Segment Start: EXTRACTED DATA
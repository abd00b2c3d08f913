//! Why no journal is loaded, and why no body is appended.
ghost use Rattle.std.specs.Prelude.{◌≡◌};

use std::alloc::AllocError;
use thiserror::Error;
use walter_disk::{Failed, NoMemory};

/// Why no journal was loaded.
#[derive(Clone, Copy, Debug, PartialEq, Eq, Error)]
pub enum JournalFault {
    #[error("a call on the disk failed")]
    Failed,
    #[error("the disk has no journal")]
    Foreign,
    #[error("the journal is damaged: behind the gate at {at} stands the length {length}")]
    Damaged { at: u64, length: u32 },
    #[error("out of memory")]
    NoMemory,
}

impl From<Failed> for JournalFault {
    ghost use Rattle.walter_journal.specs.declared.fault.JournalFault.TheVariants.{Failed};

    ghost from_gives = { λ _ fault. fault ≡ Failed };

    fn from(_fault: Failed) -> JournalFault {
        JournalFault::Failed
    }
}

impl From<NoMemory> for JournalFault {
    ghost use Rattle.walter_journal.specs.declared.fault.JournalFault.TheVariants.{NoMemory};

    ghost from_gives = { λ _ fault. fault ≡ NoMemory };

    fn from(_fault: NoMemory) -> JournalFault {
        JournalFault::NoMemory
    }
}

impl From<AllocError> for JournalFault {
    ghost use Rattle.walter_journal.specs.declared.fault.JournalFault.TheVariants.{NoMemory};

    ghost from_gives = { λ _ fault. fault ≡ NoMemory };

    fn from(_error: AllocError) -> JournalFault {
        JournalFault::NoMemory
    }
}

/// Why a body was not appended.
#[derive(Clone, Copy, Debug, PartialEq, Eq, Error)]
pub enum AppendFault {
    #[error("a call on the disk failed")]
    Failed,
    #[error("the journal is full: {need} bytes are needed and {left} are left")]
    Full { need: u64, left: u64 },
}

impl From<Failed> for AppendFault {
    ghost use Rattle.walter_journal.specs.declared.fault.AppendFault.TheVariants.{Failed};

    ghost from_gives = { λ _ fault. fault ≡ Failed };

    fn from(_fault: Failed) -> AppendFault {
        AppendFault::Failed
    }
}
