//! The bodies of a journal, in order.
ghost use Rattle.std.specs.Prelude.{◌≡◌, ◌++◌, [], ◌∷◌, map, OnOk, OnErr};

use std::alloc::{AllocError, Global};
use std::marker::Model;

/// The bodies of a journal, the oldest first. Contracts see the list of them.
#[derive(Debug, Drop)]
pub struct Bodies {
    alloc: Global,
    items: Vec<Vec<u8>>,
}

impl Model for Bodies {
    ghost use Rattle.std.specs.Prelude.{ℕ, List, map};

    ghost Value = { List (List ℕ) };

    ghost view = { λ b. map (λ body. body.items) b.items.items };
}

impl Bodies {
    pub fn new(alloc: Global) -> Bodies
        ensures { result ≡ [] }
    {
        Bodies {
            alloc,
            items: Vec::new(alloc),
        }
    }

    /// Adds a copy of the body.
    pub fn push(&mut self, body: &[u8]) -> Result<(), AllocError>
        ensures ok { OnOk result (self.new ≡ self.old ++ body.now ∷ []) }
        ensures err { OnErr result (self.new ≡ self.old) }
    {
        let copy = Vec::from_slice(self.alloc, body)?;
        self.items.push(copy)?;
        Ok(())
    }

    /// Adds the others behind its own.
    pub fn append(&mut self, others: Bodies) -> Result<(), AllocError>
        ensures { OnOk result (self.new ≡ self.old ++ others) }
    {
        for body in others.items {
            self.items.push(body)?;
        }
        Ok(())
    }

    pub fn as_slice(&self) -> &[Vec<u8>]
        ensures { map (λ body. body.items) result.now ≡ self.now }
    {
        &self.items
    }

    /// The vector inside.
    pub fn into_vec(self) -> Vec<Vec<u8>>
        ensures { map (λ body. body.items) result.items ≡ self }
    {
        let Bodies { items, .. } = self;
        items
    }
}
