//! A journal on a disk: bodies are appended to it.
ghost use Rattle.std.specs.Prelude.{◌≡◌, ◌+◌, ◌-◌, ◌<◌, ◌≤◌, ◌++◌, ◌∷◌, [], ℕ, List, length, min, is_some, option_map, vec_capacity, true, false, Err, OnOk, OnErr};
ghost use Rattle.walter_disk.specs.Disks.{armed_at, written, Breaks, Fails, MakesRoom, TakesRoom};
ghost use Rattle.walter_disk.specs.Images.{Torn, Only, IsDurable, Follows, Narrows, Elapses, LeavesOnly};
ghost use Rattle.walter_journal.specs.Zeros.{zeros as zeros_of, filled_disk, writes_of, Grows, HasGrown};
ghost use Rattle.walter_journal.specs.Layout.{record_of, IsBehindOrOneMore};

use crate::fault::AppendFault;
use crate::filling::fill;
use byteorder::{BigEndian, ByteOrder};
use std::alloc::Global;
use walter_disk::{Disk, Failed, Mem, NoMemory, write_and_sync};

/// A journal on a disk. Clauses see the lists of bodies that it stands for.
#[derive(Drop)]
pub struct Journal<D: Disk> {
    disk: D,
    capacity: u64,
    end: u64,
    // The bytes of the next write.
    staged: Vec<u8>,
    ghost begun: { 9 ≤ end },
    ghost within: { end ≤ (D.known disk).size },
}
Segment End: EXTRACTED DATA
From the listing above, output exactly the run of lines that starts with the line containing "of the body." and ends with the line containing "let copy = Vec::from_slice(self.alloc, body)?;".

    /// Adds a copy of the body.
    pub fn push(&mut self, body: &[u8]) -> Result<(), AllocError>
        ensures ok { OnOk result (self.new ≡ self.old ++ body.now ∷ []) }
        ensures err { OnErr result (self.new ≡ self.old) }
    {
        let copy = Vec::from_slice(self.alloc, body)?;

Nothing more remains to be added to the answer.